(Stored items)
'''
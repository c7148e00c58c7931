// How far evaluations can be delayed.
use bit_rows::Rows;

/// How far evaluations can be delayed: each has one row for each node of a graph, and one bit for each expression.
#[derive(Drop)]
pub struct Late {
    /// Where an expression is used.
    pub uses: Rows,
    /// Where it is delayed: on every path to the node stands an earliest node, from which on no node before it uses it.
    pub delayed: Rows,
    /// Where it is latest: delayed, and used or with a successor where it is not delayed.
    pub latest: Rows,
    /// Where it is isolated: no path leaves the node and comes, through nodes where it is not latest, to a use that is
    /// not latest.
    pub isolated: Rows,
}
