// Where bytes come from.
ghost use Rattle.std.specs.Prelude.{◌≡◌, ℕ, List, OnOk, OnErr};
ghost use Rattle.std.specs.declared.option.Option.{Option};
ghost use Rattle.std.specs.Io.{ReadsAtMost};
ghost use Rattle.std.specs.Io.KnownBytes.{ReadConsumes};
ghost use Rattle.mir_outside.specs.Causes.{HasCause, next_count};

use crate::Failed;
use std::io::Read;

/// Where bytes come from.
///
/// Contracts know a source by two things that no code sees: the bytes that are left in it, and a count of its faults.
/// The count gives each failure a cause, so that no call can blame a device that did not fail: a caller that sees
/// `Failed` knows that the count rose in this very call, or that there were so many faults that it saturates.
pub trait Source {
    /// The bytes that are left, the next one first. `None` where they cannot be observed, as over standard input:
    /// then no clause says anything of bytes.
    ghost left: { Self → Option (List ℕ) };

    /// The count of faults so far. It never falls, and saturates at 2^64 - 1.
    ghost faults: { Self → ℕ };

    /// Moves the next bytes to the start of `buf`.
    ///
    /// `Ok(n)` says that `n` bytes came, at most the length of `buf`. They stand in `buf[..n]`, and are left no more.
    /// `Ok(0)` on a `buf` that is not empty is the end: no byte is left.
    ///
    /// `Failed` comes only where the count of faults rose in this call, or has saturated. No byte is then taken, and a
    /// later call may go on.
    fn read(&mut self, buf: &mut [u8]) -> Result<usize, Failed>
        ensures bound { ReadsAtMost result buf.new }
        ensures bytes { ReadConsumes (left self.old) (left self.new) result buf.new }
        ensures cause { HasCause (faults self.old) (faults self.new) result };
}

/// A source over any reader of std. Its bytes can be observed where those of the reader can, and each error of the
/// reader is a fault.
#[derive(Drop)]
pub struct StdSource<R> {
    inner: R,
    faults: u64,
}

impl<R: Read> StdSource<R> {
    /// A source over this reader that has not failed yet. It does not allocate.
    pub fn new(inner: R) -> Self
        ensures left { ⟦<StdSource<R> as Source>⟧.left result ≡ R.remaining inner }
        ensures faults { ⟦<StdSource<R> as Source>⟧.faults result ≡ 0 }
    {
        StdSource { inner, faults: 0 }
    }
}

impl<R: Read> Source for StdSource<R> {
    ghost left = { λ s. R.remaining s.inner };

    ghost faults = { λ s. s.faults };

    /// Reads once. The count of faults rises by one at an error of the reader, and at nothing else.
    fn read(&mut self, buf: &mut [u8]) -> Result<usize, Failed>
        ensures bound { ReadsAtMost result buf.new }
        ensures bytes { let left = ⟦<StdSource<R> as Source>⟧.left in
            ReadConsumes (left self.old) (left self.new) result buf.new }
        ensures cause { let faults = ⟦<StdSource<R> as Source>⟧.faults in
            HasCause (faults self.old) (faults self.new) result }

        ensures no_fault { let faults = ⟦<StdSource<R> as Source>⟧.faults in
            OnOk result (faults self.new ≡ faults self.old) }
        ensures rises { let faults = ⟦<StdSource<R> as Source>⟧.faults in
            OnErr result (faults self.new ≡ next_count (faults self.old)) }
    {
        match self.inner.read(buf) {
            Ok(count) => Ok(count),
            Err(_) => {
                self.faults = self.faults.saturating_add(1);
                Err(Failed)
            }
        }
    }
}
'''
## What this task involves
Tell how many lines in the entries above include the word "rose", and respond with the number alone.

## Solution to the problem
2